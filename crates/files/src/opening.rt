// Files by their path. A path is octets here, and std takes those that are UTF-8.
use std::fs::OpenOptions;
use std::io::ErrorKind;
use std::rt::Files;
use std::{fs, io};

fn as_text(path: &[u8]) -> io::Result<&str> {
    str::from_utf8(path).map_err(|_| io::Error::from(ErrorKind::InvalidFilename))
}

// For reading.
pub fn open<R: Files>(rt: &R, path: &[u8]) -> io::Result<R::File> {
    fs::open(rt, as_text(path)?)
}

// For writing, where nothing stood before.
pub fn make_new<R: Files>(rt: &R, path: &[u8]) -> io::Result<R::File> {
    let text = as_text(path)?;
    OpenOptions::new()
        .write(true)
        .create_new(true)
        .open(rt, text)
}

pub fn remove(rt: &impl Files, path: &[u8]) -> io::Result<()> {
    fs::remove_file(rt, as_text(path)?)
}
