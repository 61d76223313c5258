//! The theorem that the replay of a run's log is the run (docs/MACHINE.md, Logs and replays), about
//! the definitions of `replay` and `emulator`. It is the contract of a function with an empty body:
//! specs/ states it, proofs/ proves it.
#![tactic(auto)]

ghost use Rattle.replay_laws.specs.Replay.{ReplayIsRun};

/// The replay of an accepted run's log gives the run's end, steps and registers, unless the run
/// ended because its log was full. Registers and memory have 16-bit words.
#[tactic(auto, using(crate::proofs::Replay::replay_is_run))]
pub fn replays_are_runs()
    ensures replay { ReplayIsRun }
{}
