// The job, and its report line by line. The first refusal is the last line.
ghost use Rattle.std.specs.Prelude.{◌≡◌, replicate, pos};

use crate::MOST_BYTES;
use crate::text::print_done;
use format::{Header, Outcome};
use remaster_job::{Kept, ReadBack, Report, Restored, Rewritten};
use report::print_opened;
use std::io;

// The most samples that are taken.
const MOST_SAMPLES: usize = 131072;

// Room for so many.
fn room() -> [i32; MOST_SAMPLES]
    ensures { result ≡ replicate 131072 (pos 0) }
{
    [0; MOST_SAMPLES]
}

// This and the next say whether there was no refusal.
fn print_restored(rt: &impl Print, restored: Restored) -> io::Result<bool> {
    if !print_done(rt, restored.answer)? {
        return Ok(false);
    }
    let what = if restored.is_itself {
        "the file itself"
    } else {
        "another file"
    };
    println!(rt; ", {what}")?;
    Ok(true)
}

fn print_rewritten(rt: &impl Print, rewritten: Rewritten) -> io::Result<bool> {
    print!(rt; "re-encode with its own samples: ")?;
    if !print_restored(rt, rewritten.restored)? {
        return Ok(false);
    }
    print!(rt; "re-encode with every sample halved, parity kept: ")?;
    print_done(rt, rewritten.written)
}

// What of the file is the same in what was written with the halved samples.
fn print_kept(rt: &impl Print, kept: Kept) -> io::Result<()> {
    println!(rt; ", {} as before", kept.all)?;
    print!(rt; "kept: {} bytes before the data, ", kept.before)?;
    print!(rt;
        "{} block headers but for the base of differences, ",
        kept.headers
    )?;
    println!(rt; "{} bytes behind the data", kept.behind)
}

// What is found in what was written.
fn print_back(rt: &impl Print, back: ReadBack) -> io::Result<()> {
    print!(rt; "open what was written: ")?;
    print_opened(rt, back.opened, b", ")?;
    print!(rt; "decode what was written: ")?;
    if !print_done(rt, back.decoded)? {
        return Ok(());
    }
    println!(rt; ", {} the halved ones", back.halves)?;
    print!(rt; "re-encode what was written with the file's own samples: ")?;
    print_restored(rt, back.restored)?;
    Ok(())
}

fn print_report(rt: &impl Print, report: Report) -> io::Result<()> {
    print!(rt; "decode: ")?;
    if !print_done(rt, report.decoded)? {
        return Ok(());
    }
    println!(rt)?;
    if !print_rewritten(rt, report.rewritten)? {
        return Ok(());
    }
    print_kept(rt, report.rewritten.kept)?;
    print_back(rt, report.back)
}

// The job on a file that opens, with as much room as its samples ask for.
fn run_opened(rt: &impl Print, file: &[u8], h: Header, out: &mut [u8]) -> io::Result<()> {
    let n = h.frames.samples(h.channels).0 as usize;
    if MOST_SAMPLES < n {
        return println!(rt; "too large");
    }
    let mut old = room();
    let mut new = room();
    let mut read = room();
    let mut again = [0; MOST_BYTES];
    let report = remaster_job::job(
        file,
        h,
        &mut old[..n],
        &mut new[..n],
        out,
        &mut read,
        &mut again,
    );
    print_report(rt, report)
}

// Does the job on a file and prints its report.
pub fn run(rt: &impl Print, file: &[u8]) -> io::Result<()> {
    let mut out = [0; MOST_BYTES];
    let n = file.len();
    if MOST_BYTES < n {
        return println!(rt; "too large");
    }
    print!(rt; "open: ")?;
    let answer = opening::open(file);
    print_opened(rt, answer, b", ")?;
    if let Outcome::Opened(h) = answer.outcome {
        run_opened(rt, file, h, &mut out[..n])?;
    }
    Ok(())
}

· · ·

**Directions**
Copy each line of the data that includes the word "proofs".

**Written solution**
//! specs/ states it, proofs/ proves it.
#[tactic(auto, using(crate::proofs::Replay::replay_is_run))]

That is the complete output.